Mental illness in some form affects almost 50 percent of the population and less than half of those folks will ever get treatment.  This includes those enslaved by addiction.  Jesus has arrived here from recently healing the woman who was bleeding and isolated for years as well as the 12 year old girl near death.  

In all of these cases what Jesus offers is freedom.  In his healing acts, Jesus is challenging those powers that stop them and any of us who wish to move away from fear. He is offering a freedom that says we as human beings were made in the image of God.   Jesus approaches this man whose illness may not be clear but his distress certainly is.  He has lost control of his own life and Jesus, in chasing away the demons, gives that back to him – so much so that the man wants to come with Jesus but not before the pig handlers and all the townsfolk they’ve gathered show up after hearing of how Jesus transferred the demons from the man into the pigs who then drowned in the lake and rather than celebrating the new found freedom of the man, they are afraid.  For them such freedom seems too dangerous to handle and they want the source of such freedom, Jesus, to disappear.  

What were they so afraid of?  Was it being close to such power?  Was it that they might have to change their whole way of thinking about mental illness – making the difference between seemingly sane and insane seem too flimsy and now the one who they had demonized was now like them.  Would that mean they could become like him?  If everyone has the potential to be free of demons then could we be afraid of losing some measure of control?  The social order has been upset for them.  This man is no longer an outsider but rather one of them. Think of those who are treated as others or outsiders – those who worship God differently, those who dress or act or speak or love differently, those from a different place – if they become insiders what does that make us?  

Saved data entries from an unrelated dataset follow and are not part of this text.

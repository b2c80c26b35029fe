//! The engine tells the lines of what it runs: `Traces` of `ca_run`.
//!
//! Lines are added while rounds run, before the heap changes: where memory for one is wanting, the heap is as it was.

ghost use Rattle.std.specs.Prelude.{◌≡◌, ◌++◌, ◌∷◌, [], map, take, MatchOption, IfOk, OnErr};
ghost use Rattle.ca_program.specs.View.{program_view};
ghost use Rattle.ca_model.specs.Typed.{TypedHeap};
ghost use Rattle.ca_meaning.specs.ProgramTyped.{ProgramTyped};
ghost use Rattle.ca_meaning.specs.WellTyped.{AllWellTyped};
ghost use Rattle.ca_parallel.specs.Calls.{invocations_of, operation_of};
ghost use Rattle.ca_parallel.specs.Parallel.{ParallelFrom};
ghost use Rattle.ca_beside.specs.Beside.{present};
ghost use Rattle.ca_trace.specs.declared.line.Line.TheVariants.{Block, Declined};
ghost use Rattle.ca_run.specs.Traced.{LinesBehind, Told, Traces};
ghost use Rattle.ca_workers.specs.clauses.Runs.{NoneWithin};

use crate::parallel::Parallel;
use crate::rounds::Rounds;
use crate::tasks::first_tasks;
use ca_base::{Gate, Memory};
use ca_model::Heap;
use ca_parallel::Op;
use ca_schedule::{Expected, extent_of_calls};
use ca_sections::Coded;
use ca_serial::ExtentAnswer;
use ca_trace::Line;
use std::alloc::AllocError;
use std::sync::Wait;
use std::thread::Threads;

/// Cuts lines to so many, and adds that the list is declined. It cuts them also without memory for that.
fn decline(lines: &mut Vec<Line>, count: usize) -> Result<(), AllocError>
    ensures declined { IfOk result (λ _. lines.new.items ≡ take count lines.old.items ++ Declined ∷ []) }
    ensures cut { OnErr result (lines.new.items ≡ take count lines.old.items) }
{
    lines.truncate(count);
    lines.push(Line::Declined)?;
    Ok(())
}

impl<'g, G: Gate + Sync> Parallel<'g, G> {
    /// Runs the operations in rounds beside the heap, and adds the lines of a block.
    fn run_block<R: Threads + Wait + Sync>(
        &mut self,
        rt: &R,
        program: &Coded<'_>,
        heap: &Heap,
        first: &[Op],
        left: u64,
        lines: &mut Vec<Line>,
    ) -> Result<Option<u64>, Memory>
        requires program { ProgramTyped (program_view program.now) }
        requires heap { TypedHeap (program_view program.now) heap.now }
        requires typed { AllWellTyped (program_view program.now) heap.now (invocations_of first.now) }
        requires parallel { ParallelFrom (program_view program.now) (map operation_of first.now) }
        ensures told { IfOk result (λ ran. MatchOption ran (NoneWithin (program_view program.now) heap.now heap.now (invocations_of first.now) left) (Told (program_view program.now) heap.now heap.now (invocations_of first.now) left (lines.old.items ++ Block ∷ []) (present heap.now self.new.beside) lines.new.items)) }
        ensures behind { LinesBehind lines.old.items lines.new.items }
    {
        lines.push(Line::Block)?;
        let extent = extent_of_calls(self.alloc, program, first)?;
        let tasks = first_tasks(self.alloc, first)?;
        self.beside.forget();
        let rounds = Rounds::new(
            rt,
            self.alloc,
            self.gate,
            self.workers,
            program,
            &extent,
            Expected::nothing(),
        );
        let ended = rounds.tell_rounds(heap, &mut self.beside, tasks, left, lines)?;
        match ended {
            Some(steps) => {
                lines.push(Line::End)?;
                Ok(Some(steps))
            }
            None => Ok(None),
        }
    }

    /// As `complete`, and adds the lines of the list: a block of a complete run where the answer is `Done`, and that the list
    /// is declined else. After an error the heap and the lines are as they were. A round begins at once.
    pub fn trace<R: Threads + Wait + Sync>(
        &mut self,
        rt: &R,
        program: &Coded<'_>,
        heap: &mut Heap,
        first: &[Op],
        left: u64,
        lines: &mut Vec<Line>,
    ) -> Result<ExtentAnswer, Memory>
        requires program { ProgramTyped (program_view program.now) }
        requires heap { TypedHeap (program_view program.now) heap.old }
        requires typed { AllWellTyped (program_view program.now) heap.old (invocations_of first.now) }
        requires parallel { ParallelFrom (program_view program.now) (map operation_of first.now) }
        ensures traced { IfOk result (λ answer. Traces (program_view program.now) heap.old (invocations_of first.now) left heap.new lines.old.items lines.new.items answer) }
        ensures heap_kept { OnErr result (heap.new ≡ heap.old) }
        ensures lines_kept { OnErr result (lines.new.items ≡ lines.old.items) }
    {
        // Asked for its clause, that there are few objects.
        let _count = heap.len();
        let start = lines.len();
        match self.run_block(rt, program, heap, first, left, lines) {
            Ok(Some(steps)) => {
                self.beside.store(heap);
                Ok(ExtentAnswer::Done { steps })
            }
            Ok(None) => {
                decline(lines, start)?;
                Ok(ExtentAnswer::Declined)
            }
            Err(wanting) => {
                lines.truncate(start);
                Err(wanting)
            }
        }
    }
}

When Jesus explains the whole reason for all that he is and does, he says, “The Spirit of the Lord is on me, because he has anointed me to proclaim good news to the poor.  He has sent me to proclaim freedom for the prisoners and recovery of sight for the blind, to set the oppressed free.” (Luke 4:18, NIV) That then brings us, we who claim the name Christian and the identity of disciple, into the freedom business also.  Each of us has been set free like the man previously possessed.  And what does Jesus instruct him to do?  “Go back to your people and tell them what God has done for you.” 

We are to be proclaimers of freedom and that means we cannot just wish it for ourselves and our loved ones.  The way we do that is to be light bearers.  Barbara Brown Taylor describes fear as “a small cell with no air in it and no light.  It is suffocating inside and dark.  There is no room to turn around inside it.  You can only face in one direction, but it hardly matters since you cannot see anyhow.  There is no future in the dark…When you are locked up like that, tomorrow is as far away as the moon.”  Jesus offers a freedom that is light and life and room to breathe.  First we must take hold of that freedom from fear and then offer it with open hands and hearts to all of God’s children.  Amen.